Number of zeros of a weighted sum of exponentials

Question

Let be $n$ an integer. Let be $a_1, \ldots, a_n \in \mathbb{R}$ not all null and $b_1 < \ldots < b_n$ reals.

Let be $f : x \mapsto \sum\limits_{i=1}^{n} a_i \exp(b_i x)$.

I am trying to show that $f$ can be null over at most $n - 1$ points.

What I tried:

• Considering derivatives / series expansion.
• Looking at $f$ as an solution of a differential equation.
• Looked the $n = 2$ trivial case but failed to see how to do even $n = 3$ (tried induction)
• I tried to suppose that there would be more than or $n$ zeros and tried to find contradictions with the derivatives.

Answer 1

The number of zeros is at most the number of sign changes in $a_i$. In fact, if $S$ is the number of sign changes, then up to multiplicity, the number of zeros is $S$ minus some even numbers.

This is known as Generalized Descartes' rule of signs.

It is first proved by Laguerre in 1883. The original paper is in french:

• E Laguerre, Sur la théorie des équations numériques, J. Math. Pures et Appl. 9 (1883)

For a modern introduction to same subject, look at

• G.J.O Jameson, Counting zeros of generalized polynomials: Descartes' rule of signs and Laguerre's extensions, (Math. Gazette 90, no. 518 (2006), 223-234).
  An online copy can be found here.

Answer 2

In a word: factor then differentiate. I will use induction on $n$ to prove that "for all $a_1,...,a_n \in \mathbb{R}$ and for $b_1,..., b_n \in \mathbb{R}$, $x \mapsto \sum \limits_{i=1}^n a_i \exp(b_i x)$ has at most $n-1$ roots or is null.
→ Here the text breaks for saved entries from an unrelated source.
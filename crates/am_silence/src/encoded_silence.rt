//! Versions of silences that are borrowed from their canonical encodings.

use crate::canonical::{CanonicalSilence, read_version};
use crate::mesh::MeshSilence;
use am_version_order::head_of_text;
use am_wire::{EncodedVersion, FromEncoding};
use std::cmp::Ordering;
use std::marker::Model;

/// A version of a silence, borrowed from its canonical encoding. Contracts see the version.
///
/// Its identifier is beside the encoding, with the number that follows the order of identifiers, so that rows can be sorted by
/// their keys and written again without making versions.
#[derive(Drop)]
pub struct EncodedSilence<'a> {
    head: u64,
    id: &'a str,
    encoding: &'a [u8],
}

impl<'a> Model for EncodedSilence<'a> {
    ghost use Rattle.std.specs.Prelude.{◌≡◌};
    ghost use Rattle.am_version_order.specs.Heads.{head_of_text};
    ghost use Rattle.am_silence.specs.Mesh.{Mesh, IsMesh, writes_mesh_silence};
    ghost use Rattle.am_silence.specs.Spelled.{version_in};

    ghost Value = { Mesh };

    ghost view = { λ t. version_in t.encoding.now };

    ghost invariant = { λ t. record {
      canonical : t.encoding.now ≡ writes_mesh_silence (version_in t.encoding.now);
      value : IsMesh (version_in t.encoding.now);
      id : t.id.now ≡ (version_in t.encoding.now).silence.id;
      head : t.head ≡ head_of_text (version_in t.encoding.now).silence.id;
    } };
}

impl EncodedVersion for EncodedSilence<'_> {
    type Owned = MeshSilence;

    ghost version = { λ m. m };

    fn encoding(&self) -> &[u8] {
        self.encoding
    }

    fn compare_keys(&self, other: &Self) -> Ordering {
        match self.head.cmp(&other.head) {
            Ordering::Equal => self.id.cmp(other.id),
            order => order,
        }
    }
}

impl<'a> FromEncoding<'a> for EncodedSilence<'a> {
    fn read(encoding: &'a [u8]) -> Option<Self> {
        let CanonicalSilence {
            fields,
            expires_at: _,
            places: _,
        } = read_version(encoding)?;
        Some(EncodedSilence {
            head: head_of_text(fields.id.as_bytes()),
            id: fields.id,
            encoding,
        })
    }
}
Base case: for $n=1$, if $f$ has one root then it is the zero function.

Induction: let us consider $n \in \mathbb{N}$ and assume the property to hold for all $n$-uples of reals. Consider $a_1,...,a_{n+1}$ and $b_1,...,b_{n+1}$. Assume that $f : x \mapsto \sum \limits_{i=1}^{n+1} a_i \exp(b_i x)$ has $n+1$ distinct zeroes. We'll show that $f$ is zero. First factor by $\exp(b_{n+1} x)$: the function $g : x \mapsto \sum \limits_{i=1}^n a_i \exp\big((b_i-b_{n+1}) x\big) + a_{n+1}$ has $n+1$ zeroes. Differentiating and using Rolle's theorem, we get that $g':x \mapsto \sum \limits_{i=1}^n a_i (b_i-b_{n+1}) \exp\big((b_i-b_{n+1}) x\big)$ has $n$ zeroes. The induction hypothesis yields $g' = 0$, so $g(x)=C$ is constant and then $f(x) = C \exp(b_{n+1}x)$. As $f$ has at least one zero, we conclude $f = 0$.